▸ Your assignment
Scan the entries below and extract each line with the word "before" in it.

START Dataset excerpts

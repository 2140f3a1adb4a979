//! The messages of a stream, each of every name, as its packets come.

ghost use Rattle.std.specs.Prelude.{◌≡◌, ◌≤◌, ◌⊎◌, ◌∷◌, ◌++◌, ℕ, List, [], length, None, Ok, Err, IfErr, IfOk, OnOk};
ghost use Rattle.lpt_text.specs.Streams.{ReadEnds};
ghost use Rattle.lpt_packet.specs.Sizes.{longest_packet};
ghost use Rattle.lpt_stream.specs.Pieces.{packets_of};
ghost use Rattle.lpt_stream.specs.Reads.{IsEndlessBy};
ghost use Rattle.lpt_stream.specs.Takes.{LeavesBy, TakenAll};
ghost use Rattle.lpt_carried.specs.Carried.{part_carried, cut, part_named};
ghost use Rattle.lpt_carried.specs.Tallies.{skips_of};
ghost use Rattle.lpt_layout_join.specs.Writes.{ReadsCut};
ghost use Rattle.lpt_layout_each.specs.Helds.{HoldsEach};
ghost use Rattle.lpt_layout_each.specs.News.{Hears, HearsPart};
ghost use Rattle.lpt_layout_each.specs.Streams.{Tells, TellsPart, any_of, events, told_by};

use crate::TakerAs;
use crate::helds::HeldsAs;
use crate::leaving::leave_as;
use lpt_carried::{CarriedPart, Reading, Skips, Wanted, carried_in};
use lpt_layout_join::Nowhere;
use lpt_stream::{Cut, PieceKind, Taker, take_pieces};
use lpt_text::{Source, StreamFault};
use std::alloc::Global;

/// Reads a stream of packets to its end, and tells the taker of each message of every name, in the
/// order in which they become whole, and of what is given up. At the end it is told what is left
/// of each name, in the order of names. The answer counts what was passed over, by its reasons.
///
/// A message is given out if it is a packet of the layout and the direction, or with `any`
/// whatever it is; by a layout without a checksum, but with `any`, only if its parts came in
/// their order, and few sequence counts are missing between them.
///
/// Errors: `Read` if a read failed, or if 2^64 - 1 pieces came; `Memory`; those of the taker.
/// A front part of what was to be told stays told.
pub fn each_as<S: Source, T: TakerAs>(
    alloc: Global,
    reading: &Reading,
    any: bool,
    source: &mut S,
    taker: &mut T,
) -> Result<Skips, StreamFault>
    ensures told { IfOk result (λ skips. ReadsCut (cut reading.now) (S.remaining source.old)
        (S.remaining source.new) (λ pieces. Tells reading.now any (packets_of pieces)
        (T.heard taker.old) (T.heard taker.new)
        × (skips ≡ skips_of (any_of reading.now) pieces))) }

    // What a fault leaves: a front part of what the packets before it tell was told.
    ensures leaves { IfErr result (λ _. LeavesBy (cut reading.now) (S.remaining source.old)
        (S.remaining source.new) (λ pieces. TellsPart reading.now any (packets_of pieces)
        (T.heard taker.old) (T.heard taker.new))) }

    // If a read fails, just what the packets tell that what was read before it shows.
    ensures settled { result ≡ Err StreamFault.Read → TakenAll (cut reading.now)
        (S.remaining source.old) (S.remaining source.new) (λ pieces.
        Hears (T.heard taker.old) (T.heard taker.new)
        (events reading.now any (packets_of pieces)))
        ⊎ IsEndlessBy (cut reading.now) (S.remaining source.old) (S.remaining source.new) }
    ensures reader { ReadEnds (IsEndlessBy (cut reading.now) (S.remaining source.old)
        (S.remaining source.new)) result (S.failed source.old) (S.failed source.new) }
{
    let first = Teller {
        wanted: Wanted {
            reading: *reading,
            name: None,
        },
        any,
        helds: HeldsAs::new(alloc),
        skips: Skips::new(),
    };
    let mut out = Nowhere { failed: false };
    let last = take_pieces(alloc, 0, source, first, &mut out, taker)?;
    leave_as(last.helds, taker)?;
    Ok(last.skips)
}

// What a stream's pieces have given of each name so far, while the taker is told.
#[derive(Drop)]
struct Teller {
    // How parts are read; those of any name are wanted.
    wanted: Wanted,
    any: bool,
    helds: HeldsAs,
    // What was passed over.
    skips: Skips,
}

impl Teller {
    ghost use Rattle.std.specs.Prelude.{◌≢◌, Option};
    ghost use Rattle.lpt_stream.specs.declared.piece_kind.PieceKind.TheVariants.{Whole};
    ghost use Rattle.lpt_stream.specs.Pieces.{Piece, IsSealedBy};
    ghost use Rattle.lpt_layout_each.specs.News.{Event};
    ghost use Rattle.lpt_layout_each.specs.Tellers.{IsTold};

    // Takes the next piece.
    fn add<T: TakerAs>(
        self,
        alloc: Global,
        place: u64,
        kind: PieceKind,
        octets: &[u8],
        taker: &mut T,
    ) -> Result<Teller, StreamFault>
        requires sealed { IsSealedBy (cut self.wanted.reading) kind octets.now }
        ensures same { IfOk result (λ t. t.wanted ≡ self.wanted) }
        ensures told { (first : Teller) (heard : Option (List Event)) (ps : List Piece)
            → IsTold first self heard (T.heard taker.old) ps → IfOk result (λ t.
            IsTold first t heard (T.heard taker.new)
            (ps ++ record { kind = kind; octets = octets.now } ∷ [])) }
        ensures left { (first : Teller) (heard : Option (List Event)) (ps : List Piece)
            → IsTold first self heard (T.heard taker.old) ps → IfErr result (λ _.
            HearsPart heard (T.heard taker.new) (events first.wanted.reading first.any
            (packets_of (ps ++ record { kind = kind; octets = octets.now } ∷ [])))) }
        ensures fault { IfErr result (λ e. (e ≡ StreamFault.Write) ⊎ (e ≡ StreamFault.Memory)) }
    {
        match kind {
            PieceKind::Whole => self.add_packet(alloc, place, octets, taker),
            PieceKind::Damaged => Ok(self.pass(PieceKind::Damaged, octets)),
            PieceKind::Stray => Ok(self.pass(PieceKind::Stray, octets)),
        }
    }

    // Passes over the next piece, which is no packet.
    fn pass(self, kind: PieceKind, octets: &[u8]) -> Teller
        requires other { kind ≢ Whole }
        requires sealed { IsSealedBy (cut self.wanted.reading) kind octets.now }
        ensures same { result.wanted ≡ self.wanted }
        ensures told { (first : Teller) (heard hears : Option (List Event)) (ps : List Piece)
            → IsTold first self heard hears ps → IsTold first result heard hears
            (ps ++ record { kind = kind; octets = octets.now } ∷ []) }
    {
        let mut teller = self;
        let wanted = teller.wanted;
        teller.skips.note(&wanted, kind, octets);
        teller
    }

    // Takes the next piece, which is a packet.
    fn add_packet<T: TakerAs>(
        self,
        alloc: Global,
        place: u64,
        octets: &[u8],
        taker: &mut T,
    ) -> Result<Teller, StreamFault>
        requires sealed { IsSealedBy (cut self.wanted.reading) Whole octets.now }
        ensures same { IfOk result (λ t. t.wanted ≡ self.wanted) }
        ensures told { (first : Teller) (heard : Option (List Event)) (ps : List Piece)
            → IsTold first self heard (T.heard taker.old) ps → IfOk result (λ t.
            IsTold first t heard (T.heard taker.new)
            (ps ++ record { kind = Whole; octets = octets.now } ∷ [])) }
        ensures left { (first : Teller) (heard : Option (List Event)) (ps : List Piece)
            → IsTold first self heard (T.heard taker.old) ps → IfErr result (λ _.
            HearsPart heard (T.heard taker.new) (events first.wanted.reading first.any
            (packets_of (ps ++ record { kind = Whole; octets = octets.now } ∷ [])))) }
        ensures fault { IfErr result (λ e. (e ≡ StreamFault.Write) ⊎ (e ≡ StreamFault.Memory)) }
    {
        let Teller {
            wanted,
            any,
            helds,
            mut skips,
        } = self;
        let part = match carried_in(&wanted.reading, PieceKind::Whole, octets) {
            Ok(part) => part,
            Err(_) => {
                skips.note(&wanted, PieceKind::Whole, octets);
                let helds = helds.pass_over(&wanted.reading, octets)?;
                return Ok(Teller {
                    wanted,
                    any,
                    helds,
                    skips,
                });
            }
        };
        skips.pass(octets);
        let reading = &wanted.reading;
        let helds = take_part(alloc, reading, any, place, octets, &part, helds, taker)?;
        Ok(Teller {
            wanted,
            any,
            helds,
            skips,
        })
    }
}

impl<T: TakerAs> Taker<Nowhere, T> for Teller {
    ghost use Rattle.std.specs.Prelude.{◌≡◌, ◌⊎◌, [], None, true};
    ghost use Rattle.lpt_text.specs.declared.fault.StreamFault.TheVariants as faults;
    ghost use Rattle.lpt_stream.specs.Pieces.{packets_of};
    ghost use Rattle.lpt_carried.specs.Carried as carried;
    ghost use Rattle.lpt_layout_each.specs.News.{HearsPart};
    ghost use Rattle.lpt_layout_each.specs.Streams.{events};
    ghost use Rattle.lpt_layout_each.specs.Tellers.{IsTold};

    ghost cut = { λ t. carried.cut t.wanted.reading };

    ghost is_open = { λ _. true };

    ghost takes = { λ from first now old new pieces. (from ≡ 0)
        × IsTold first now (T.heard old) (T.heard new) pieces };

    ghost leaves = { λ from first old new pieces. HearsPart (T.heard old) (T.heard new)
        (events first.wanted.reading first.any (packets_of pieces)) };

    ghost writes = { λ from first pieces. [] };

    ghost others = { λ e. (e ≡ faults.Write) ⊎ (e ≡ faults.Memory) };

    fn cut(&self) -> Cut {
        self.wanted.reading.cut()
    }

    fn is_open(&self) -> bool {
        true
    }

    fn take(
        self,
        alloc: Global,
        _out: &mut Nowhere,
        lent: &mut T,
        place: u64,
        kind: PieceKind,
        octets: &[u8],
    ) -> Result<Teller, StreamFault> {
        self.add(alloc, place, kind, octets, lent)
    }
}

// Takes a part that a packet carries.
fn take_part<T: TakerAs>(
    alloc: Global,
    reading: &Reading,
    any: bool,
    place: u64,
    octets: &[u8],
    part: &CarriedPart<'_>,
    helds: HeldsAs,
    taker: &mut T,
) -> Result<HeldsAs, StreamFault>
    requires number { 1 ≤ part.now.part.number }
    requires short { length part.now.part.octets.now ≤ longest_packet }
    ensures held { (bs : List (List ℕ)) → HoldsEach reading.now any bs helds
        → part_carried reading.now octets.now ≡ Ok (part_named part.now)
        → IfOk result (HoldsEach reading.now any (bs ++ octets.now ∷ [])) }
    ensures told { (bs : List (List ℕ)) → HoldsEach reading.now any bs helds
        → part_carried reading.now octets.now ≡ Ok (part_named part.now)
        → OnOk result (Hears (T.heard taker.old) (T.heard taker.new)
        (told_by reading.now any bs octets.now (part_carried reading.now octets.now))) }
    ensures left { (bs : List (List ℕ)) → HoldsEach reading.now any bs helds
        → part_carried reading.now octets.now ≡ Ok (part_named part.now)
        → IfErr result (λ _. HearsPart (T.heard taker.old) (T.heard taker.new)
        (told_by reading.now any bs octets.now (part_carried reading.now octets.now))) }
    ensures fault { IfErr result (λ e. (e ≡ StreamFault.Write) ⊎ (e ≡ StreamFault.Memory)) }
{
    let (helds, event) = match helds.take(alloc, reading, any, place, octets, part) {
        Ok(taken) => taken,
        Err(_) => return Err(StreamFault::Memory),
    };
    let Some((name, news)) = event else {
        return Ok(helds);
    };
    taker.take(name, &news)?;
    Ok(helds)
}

END Dataset excerpts

▸ Solution below
    // What a fault leaves: a front part of what the packets before it tell was told.
    // If a read fails, just what the packets tell that what was read before it shows.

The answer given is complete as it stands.